(Problem to solve) Scan the entries below for the word "bytes" and copy every line where it turns up.

(Data for the task)

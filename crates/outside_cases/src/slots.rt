//! Calls on a table of one object.
use crate::objects::new_object;
use case_lines::{number, short_number, show, show_read, word};
use data_handles::{DataHandle, HandleTable};

// Claims a slot of a new table twice: its size, two claims, and its size again.
fn claim(rt: &HostRuntime, line: &str) -> anyhow::Result<()> {
    let alloc = rt.alloc();
    let mut objects: Vec<Box<dyn DataHandle>> = Vec::new(alloc);
    objects.push(Box::new(alloc, new_object(alloc, word(line, 2), "-")?)?)?;
    let mut table = HandleTable::new(alloc, objects)?;
    let slot = short_number(line, 3);
    let size = table.size_of(slot);
    let claims = (table.claim(slot), table.claim(slot));
    show(rt, line, &(size, claims, table.size_of(slot)))?;
    Ok(())
}

// Claims the one object of a new table, reads it at two offsets, and lets it go.
fn read(rt: &HostRuntime, line: &str) -> anyhow::Result<()> {
    let alloc = rt.alloc();
    let mut objects: Vec<Box<dyn DataHandle>> = Vec::new(alloc);
    objects.push(Box::new(alloc, new_object(alloc, word(line, 2), word(line, 3))?)?)?;
    let mut table = HandleTable::new(alloc, objects)?;
    let size = table.claim(0)?;
    let (one, two) = (number(line, 4), number(line, 5));
    let mut out = [0u8; 64];
    let (bytes, _) = out.split_at_mut(short_number(line, 6).min(64) as usize);
    let count = bytes.len() as u64;
    if size < one || size - one < count || size < two || size - two < count {
        show(rt, line, &"no such range")?;
        return Ok(());
    }
    let first = table.read(0, one, bytes);
    show_read(rt, line, &first, bytes)?;
    let second = table.read(0, two, bytes);
    show_read(rt, line, &second, bytes)?;
    table.release(0);
    show(rt, line, &(table.held(0), table.faults()))?;
    Ok(())
}

/// Makes calls on a new table of one object.
pub fn call(rt: &HostRuntime, line: &str) -> anyhow::Result<()> {
    match word(line, 1) {
        "claim" => claim(rt, line),
        "read" => read(rt, line),
        _ => Ok(()),
    }
}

(Problem solution)
    let (bytes, _) = out.split_at_mut(short_number(line, 6).min(64) as usize);
    let count = bytes.len() as u64;
    let first = table.read(0, one, bytes);
    show_read(rt, line, &first, bytes)?;
    let second = table.read(0, two, bytes);
    show_read(rt, line, &second, bytes)?;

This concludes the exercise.